Query Cosmos DB data with Spark

Completed

After you've added a linked service for your analytical store enabled Azure Cosmos DB database, you can use it to query the data using a Spark pool in your Azure Synapse Analytics workspace.

Loading Azure Cosmos DB analytical data into a dataframe

For initial exploration or quick analysis of data from an Azure Cosmos DB linked service, it's often easiest to load data from a container into a dataframe using a Spark-supported language like PySpark (A Spark-specific implementation of Python) or Scala (a Java-based language often used on Spark).

For example, the following PySpark code could be used to load a dataframe named df from the data in the my-container container connected to using the my_linked_service linked service, and display the first 10 rows of data:

 df = spark.read
     .format("cosmos.olap")\
     .option("spark.synapse.linkedService", "my_linked_service")\
     .option("spark.cosmos.container", "my-container")\
     .load()

display(df.limit(10))

Let's suppose the my-container container is used to store items similar to the following example:

{
    "productID": 123,
    "productName": "Widget",
    "id": "7248f072-11c3-42b1-a368-...",
    "_rid": "mjMaAL...==",
    "_self": "dbs/mjM...==/colls/mjMaAL...=/docs/mjMaAL...==/",
    "_etag": "\"54004b09-0000-2300-...\"",
    "_attachments": "attachments/",
    "_ts": 1655414791
}

The output from the PySpark code would be similar to the following table:

_rid _ts productID productName id _etag
mjMaAL...== 1655414791 123 Widget 7248f072-11c3-42b1-a368-... 54004b09-0000-2300-...
mjMaAL...== 1655414829 124 Wotsit dc33131c-65c7-421a-a0f7-... 5400ca09-0000-2300-...
mjMaAL...== 1655414835 125 Thingumy ce22351d-78c7-428a-a1h5-... 5400ca09-0000-2300-...
... ... ... ... ... ...

The data is loaded from the analytical store in the container, not from the operational store; ensuring that there's no querying overhead on the operational store. The fields in the analytical data store include the application-defined fields (in this case productID and productName) and automatically created metadata fields.

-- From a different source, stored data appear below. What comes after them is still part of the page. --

//! Hands the lines of files to one follower, one after another.

ghost use Rattle.std.specs.Prelude.{◌≡◌, ◌+◌, ◌≤◌, length, map, string_bytes, None, Some, Ok, IfOk, IsTrue, OnOk};
ghost use Rattle.tcm_edges.specs.Shown.{ShowsNoMore};
ghost use Rattle.transformations.specs.History.{is_command, most_epochs};
ghost use Rattle.wire_json.specs.Reading as reading;
ghost use Rattle.tcm_session.specs.Counts.{counts};
ghost use Rattle.tcm_session.specs.code.RunFaults.{counts_by};
ghost use Rattle.script_session.specs.Lines.{whole_lines};
ghost use Rattle.tcm_session.specs.files.Replay as spec;
ghost use Rattle.tcm_session.specs.code.Replays.{FoundMemory, GrowsBy, HandsFile, HandsFiles, CanCount, IsFew, LeadsTo};

use crate::ending::Ending;
use crate::limits::FILE_LIMIT;
use crate::run_fault::RunFault;
use crate::scripts::lines::cut_line;
use cluster_terms::{Memory, Name, TryCopy};
use follower_log::{Follower, FollowerFault, Took};
use script_session::{Cause, RefusedLine, other_cluster};
use std::alloc::Global;
use tcm_edges::{Loaded, Store};
use transformations::{Entry, Image};
use wire_json::{Line, ReadLineFault, read_line};

/// A follower that is handed the lines of files, the number of lines that were read, how many of them were answered
/// `Full`, and the cluster that the headers name, if there was a header. The value must be consumed, by `close`.
pub struct Replay {
    pub follower: Follower,
    pub lines: u64,
    pub full: u64,
    pub cluster: Option<Name>,
}

impl Replay {
    /// The replay before the first line.
    pub fn empty(alloc: Global) -> Result<Replay, Memory>
        ensures { IfOk result (λ replay. replay ≡ spec.nothing_replayed) }
    {
        Ok(Replay {
            follower: Follower::empty(alloc)?,
            lines: 0,
            full: 0,
            cluster: None,
        })
    }

    /// Consumes the replay.
    pub fn close(self) {
        let Replay {
            follower,
            lines: _,
            full: _,
            cluster: _,
        } = self;
        follower.close();
    }

    /// Hands over the line with this number of its file, which comes without its line feed; or returns the first cause
    /// to refuse it. If memory runs out, the entry or the image may have been taken by then.
    pub fn hand_line(
        &mut self,
        alloc: Global,
        number: u64,
        line: &[u8],
    ) -> Result<Option<Cause>, Memory>
        requires { CanCount 1 self.old }
        ensures leads { IfOk result (λ cause. LeadsTo cause (spec.line_replayed number self.old line.now) self.new) }
        ensures grows { GrowsBy 1 self.old self.new }
    {
        match read_line(alloc, line) {
            Ok(content) => self.hand_content(number, content),
            Err(ReadLineFault::Bad(rule)) => Ok(Some(Cause::Line(rule))),
            Err(ReadLineFault::Memory) => Err(Memory),
        }
    }

    /// Hands over the content of a line, as `hand_line` does.
    fn hand_content(&mut self, number: u64, content: Line) -> Result<Option<Cause>, Memory>
        requires counts { CanCount 1 self.old }
        requires tokens { reading.HasTokens content }
        requires epoch { reading.HasEpoch content }
        ensures leads { IfOk result (λ cause. LeadsTo cause (spec.read_replayed number self.old (Ok content)) self.new) }
        ensures grows { GrowsBy 1 self.old self.new }
    {
        match content {
            Line::Header(cluster) => self.hand_header(number, cluster),
            Line::Entry(entry) => self.hand_entry(&entry),
            Line::Snapshot(image) => self.hand_image(image),
        }
    }

    /// Counts a header, or returns the cause to refuse it.
    fn hand_header(&mut self, number: u64, cluster: Name) -> Result<Option<Cause>, Memory>
        requires { CanCount 1 self.old }
        ensures leads { IfOk result (λ cause. LeadsTo cause (spec.header_replayed number self.old cluster) self.new) }
        ensures grows { GrowsBy 1 self.old self.new }
    {
        if number != 1 {
            return Ok(Some(Cause::Header));
        }
        if let Some(cause) = other_cluster(self.cluster.as_ref(), cluster.copy()?)? {
            return Ok(Some(cause));
        }
        self.lines += 1;
        self.cluster = Some(cluster);
        Ok(None)
    }

    /// Hands over an entry, as `hand_line` does.
    fn hand_entry(&mut self, entry: &Entry) -> Result<Option<Cause>, Memory>
        requires counts { CanCount 1 self.old }
        requires formed { IsTrue (is_command entry.now.cmd) }
        requires epoch { entry.now.epoch ≤ most_epochs }
        ensures leads { IfOk result (λ cause. LeadsTo cause (spec.entry_replayed self.old entry.now) self.new) }
        ensures grows { GrowsBy 1 self.old self.new }
    {
        let handed = self.follower.deliver(entry);
        self.count(handed)
    }

    /// Hands over an image, as `hand_line` does.
    fn hand_image(&mut self, image: Image) -> Result<Option<Cause>, Memory>
        requires { CanCount 1 self.old }
        ensures leads { IfOk result (λ cause. LeadsTo cause (spec.image_replayed self.old image) self.new) }
        ensures grows { GrowsBy 1 self.old self.new }
    {
        let handed = self.follower.snapshot(image);
        self.count(handed)
    }

    /// Counts a line that the follower was handed, or returns the cause to refuse it.
    fn count(&mut self, handed: Result<Took, FollowerFault>) -> Result<Option<Cause>, Memory>
        requires { CanCount 1 self.old }
        ensures leads { IfOk result (λ cause.
            LeadsTo cause (spec.answered self.old self.old.follower handed) self.new) }
        ensures memory { OnOk result (FoundMemory handed) }
        ensures grows { GrowsBy 1 self.old self.new }
    {
        match handed {
            Ok(took) => {
                self.lines += 1;
                self.full += full_count(took);
                Ok(None)
            }
            Err(FollowerFault::Fork(epoch, held, came)) => {
                Ok(Some(Cause::Fork(epoch, held, came)))
            }
            Err(FollowerFault::Refused(epoch, refusal)) => Ok(Some(Cause::Command(epoch, refusal))),
            Err(FollowerFault::BadImage(bad)) => Ok(Some(Cause::Image(bad))),
            Err(FollowerFault::Memory) => Err(Memory),
            Err(FollowerFault::MemoryAt(_epoch)) => Err(Memory),
        }
    }
}

/// 1 for a line that was answered `Full`, 0 for another one.
fn full_count(took: Took) -> u64
    ensures is { result ≡ spec.full_count took }
    ensures most { result ≤ 1 }
{
    match took {
        Took::Full(_epoch) => 1,
        _ => 0,
    }
}

/// Hands over the whole lines of the file with this number, up to the first line that is refused. If memory runs out,
/// some of the lines may have been taken by then.
fn hand_lines(
    alloc: Global,
    replay: &mut Replay,
    file: u64,
    bytes: &[u8],
) -> Result<Option<RefusedLine>, Memory>
    requires { CanCount (length bytes.now) replay.old }
    ensures leads { IfOk result (λ refused.
        LeadsTo refused (spec.lines_replayed file 1 replay.old (whole_lines bytes.now)) replay.new) }
    ensures grows { GrowsBy (length bytes.now) replay.old replay.new }
{
    let mut number = 1;
    let mut rest = bytes;
    while let Some((line, more)) = cut_line(rest) {
        if let Some(cause) = replay.hand_line(alloc, number, line)? {
            return Ok(Some(RefusedLine {
                file,
                line: number,
                cause,
            }));
        }
        number += 1;
        rest = more;
    }
    Ok(None)
}

/// Hands over the whole lines of the file with this number, and ends at the first line that is refused.
fn hand_bytes(
    alloc: Global,
    replay: &mut Replay,
    file: u64,
    bytes: &[u8],
) -> Result<Option<Ending>, Memory>
    requires { CanCount (length bytes.now) replay.old }
    ensures leads { IfOk result (λ ended.
        LeadsTo ended (spec.file_replayed file replay.old bytes.now) replay.new) }
    ensures grows { GrowsBy (length bytes.now) replay.old replay.new }
{
    match hand_lines(alloc, replay, file, bytes)? {
        None => Ok(None),
        Some(refused) => Ok(Some(Ending::refused(alloc, &refused)?)),
    }
}

/// Hands over the lines of the file with this number and this name, once it is loaded; or returns how the replay ends.
fn hand_loaded(
    alloc: Global,
    replay: &mut Replay,
    file: u64,
    name: &str,
    loaded: Loaded,
) -> Result<Option<Ending>, Memory>
    requires few { IsFew loaded }
    requires counts { CanCount 536870912 replay.old }
    ensures leads { IfOk result (λ ended.
        LeadsTo ended (spec.loaded_replayed file name.now replay.old loaded) replay.new) }
    ensures grows { GrowsBy 536870912 replay.old replay.new }
{
    match loaded {
        Loaded::Absent => Ok(Some(Ending::absent(alloc, name)?)),
        Loaded::TooLarge(_size) => Ok(Some(Ending::too_large(alloc)?)),
        Loaded::Bytes(bytes) => hand_bytes(alloc, replay, file, bytes.as_slice()),
    }
}

/// Loads the file with this number and this name, and hands over its lines; or returns how the replay ends.
fn hand_file<D: Store>(
    alloc: Global,
    replay: &mut Replay,
    file: u64,
    name: &str,
    store: &mut D,
) -> Result<Option<Ending>, RunFault>
    requires counts { CanCount 536870912 replay.old }
    ensures hands { IfOk result (λ ended.
        HandsFile ended file name.now (D.files store.old) replay.old replay.new) }
    ensures grows { GrowsBy 536870912 replay.old replay.new }
    ensures files { D.files store.new ≡ D.files store.old }
    ensures crash { ShowsNoMore (D.shows store.old) (D.shows store.new) }
    ensures cause { counts 0 0 (D.faults store.new)
        ≡ counts_by result (counts 0 0 (D.faults store.old)) }
{
    let loaded = store.load(name, FILE_LIMIT)?;
    Ok(hand_loaded(alloc, replay, file, name, loaded)?)
}

/// Hands over the lines of 1 to 64 files, each of which is loaded once the files before it are done; or returns how the
/// replay ends before the end of the files.
pub fn hand_files<D: Store>(
    alloc: Global,
    replay: &mut Replay,
    names: &[String],
    store: &mut D,
) -> Result<Option<Ending>, RunFault>
    requires few { length names.now ≤ 64 }
    requires begins { replay.old ≡ spec.nothing_replayed }
    ensures hands { IfOk result (λ ended.
        HandsFiles ended (map string_bytes names.now) (D.files store.old) replay.new) }
    ensures files { D.files store.new ≡ D.files store.old }
    ensures crash { ShowsNoMore (D.shows store.old) (D.shows store.new) }
    ensures cause { counts 0 0 (D.faults store.new)
        ≡ counts_by result (counts 0 0 (D.faults store.old)) }
{
    let mut file = 1;
    let mut rest = names;
    while let Some((name, more)) = rest.split_first() {
        if let Some(ending) = hand_file(alloc, replay, file, name.as_str(), store)? {
            return Ok(Some(ending));
        }
        file += 1;
        rest = more;
    }
    Ok(None)
}
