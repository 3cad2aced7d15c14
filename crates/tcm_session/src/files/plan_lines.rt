//! The stream plan of a movement, in the last state of a log.

ghost use Rattle.std.specs.Prelude.{◌≡◌, ◌++◌, IfOk, OnOk, flat_map, length};
ghost use Rattle.script_lang.specs.AnswerTexts.{left_text};
ghost use Rattle.transformations.specs.Movements.{movement_of};
ghost use Rattle.tcm_session.specs.files.StreamPlan as spec;

use crate::ending::Ending;
use cluster_metadata::Metadata;
use cluster_terms::{ByteText, Memory, Name, NodeId, RightEnd, Token};
use script_lang::{Shown, labelled, list_text, no_text};
use script_session::Session;
use std::alloc::Global;
use stream_plan::{StreamFrom, StreamRow, streams};
use transformations::{Image, movement_of};

/// Adds the left end of a range: a token, or `min`.
fn add_left(left: Option<Token>, out: &mut ByteText) -> Result<(), Memory>
    ensures { OnOk result (out.new ≡ out.old ++ left_text left) }
{
    match left {
        None => out.extend(b"min"),
        Some(token) => token.show(out),
    }
}

fn add_range(left: Option<Token>, right: RightEnd, out: &mut ByteText) -> Result<(), Memory>
    ensures { OnOk result (out.new ≡ out.old ++ spec.range_text left right) }
{
    out.extend(b"(")?;
    add_left(left, out)?;
    labelled(b",", &right, out)?;
    out.extend(b"]")
}

/// Adds the nodes from which a node streams.
fn add_sources(from: &StreamFrom, out: &mut ByteText) -> Result<(), Memory>
    ensures { OnOk result (out.new ≡ out.old ++ spec.from_text from.now) }
{
    match from {
        StreamFrom::Strict(source) => labelled(b"from ", source, out),
        StreamFrom::AnyOf(nodes) => {
            out.extend(b"any ")?;
            list_text(nodes.ids(), out)
        }
    }
}

fn add_row(row: &StreamRow, out: &mut ByteText) -> Result<(), Memory>
    ensures { OnOk result (out.new ≡ out.old ++ spec.row_text row.now) }
{
    add_range(row.left, row.right, out)?;
    labelled(b" to ", &row.to, out)?;
    out.extend(b" ")?;
    add_sources(&row.from, out)?;
    out.extend(b"\n")
}

fn add_rows(rows: &[StreamRow], out: &mut ByteText) -> Result<(), Memory>
    ensures { OnOk result (out.new ≡ out.old ++ flat_map spec.row_text rows.now) }
{
    for row in rows {
        add_row(row, out)?;
    }
    Ok(())
}

/// Adds the line with the epoch, the node, the keyspace and the number of rows.
fn add_head(
    epoch: u64,
    node: NodeId,
    keyspace: &Name,
    count: u64,
    out: &mut ByteText,
) -> Result<(), Memory>
    ensures { OnOk result (out.new ≡ out.old ++ spec.plan_head epoch node keyspace.now count) }
{
    labelled(b"PLAN ", &epoch, out)?;
    labelled(b" ", &node, out)?;
    labelled(b" ", keyspace, out)?;
    labelled(b" ", &count, out)?;
    out.extend(b"\n")
}

/// The end with a plan.
fn planned(
    alloc: Global,
    epoch: u64,
    node: NodeId,
    keyspace: &Name,
    rows: &[StreamRow],
) -> Result<Ending, Memory>
    ensures { IfOk result (λ ending. ending
        ≡ record { status = 0; text = spec.plan_text epoch node keyspace.now rows.now }) }
{
    let mut text = ByteText::empty(alloc);
    add_head(epoch, node, keyspace, rows.len() as u64, &mut text)?;
    add_rows(rows, &mut text)?;
    Ok(Ending { status: 0, text })
}

/// The end without a plan: the node has no movement, or else no keyspace has the name.
fn unplanned(alloc: Global, image: &Image, node: NodeId) -> Result<Ending, Memory>
    ensures { IfOk result (λ ending. ending
        ≡ record { status = 7; text = spec.missing_text (movement_of image.now node) }) }
{
    let mut text = ByteText::empty(alloc);
    match movement_of(image, node) {
        None => no_text(b"SEQUENCE", &mut text)?,
        Some(_) => no_text(b"KEYSPACE", &mut text)?,
    }
    Ok(Ending { status: 7, text })
}

/// The end with the plan of the movement of a node under a keyspace, or without it.
fn in_metadata(
    alloc: Global,
    metadata: &Metadata,
    node: NodeId,
    keyspace: &Name,
) -> Result<Ending, Memory>
    ensures { IfOk result (λ ending. ending ≡ spec.plan_in node keyspace.now metadata.now) }
{
    match streams(metadata, node, keyspace)? {
        Some(rows) => planned(alloc, metadata.epoch(), node, keyspace, rows.as_slice()),
        None => unplanned(alloc, metadata.as_image(), node),
    }
}

/// The end with the stream plan of the movement of a node under a keyspace in the last state of the session's log; or
/// without it, if the node has no movement there or no keyspace has the name.
///
/// Cost: `stream_plan::streams` is called once.
pub fn show_plan(
    alloc: Global,
    session: &Session,
    node: NodeId,
    keyspace: &Name,
) -> Result<Ending, Memory>
    ensures { IfOk result (λ ending. ending ≡ spec.log_plan node keyspace.now session.now.log) }
{
    in_metadata(alloc, session.metadata(), node, keyspace)
}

After loading the dataframe, you can use its native methods to explore the data. For example, the following code creates a new dataframe containing only the productID and productName columns, ordered by the productName:

products_df = df.select("productID", "productName").orderBy("productName")

display(products_df.limit(10))

The output of this code would look similar this table:

productID productName
125 Thingumy
123 Widget
124 Wotsit
... ...

Writing a dataframe to a Cosmos DB container

In most HTAP scenarios, you should use the linked service to read data into Spark from the analytical store. However you can write the contents of a dataframe to the container as shown in the following example:

mydf.write.format("cosmos.oltp")\
    .option("spark.synapse.linkedService", "my_linked_service")\
    .option("spark.cosmos.container", "my-container")\
    .mode('append')\
    .save()

Note

Writing a dataframe to a container updates the operational store and can have an impact on its performance. The changes are then synchronized to the analytical store.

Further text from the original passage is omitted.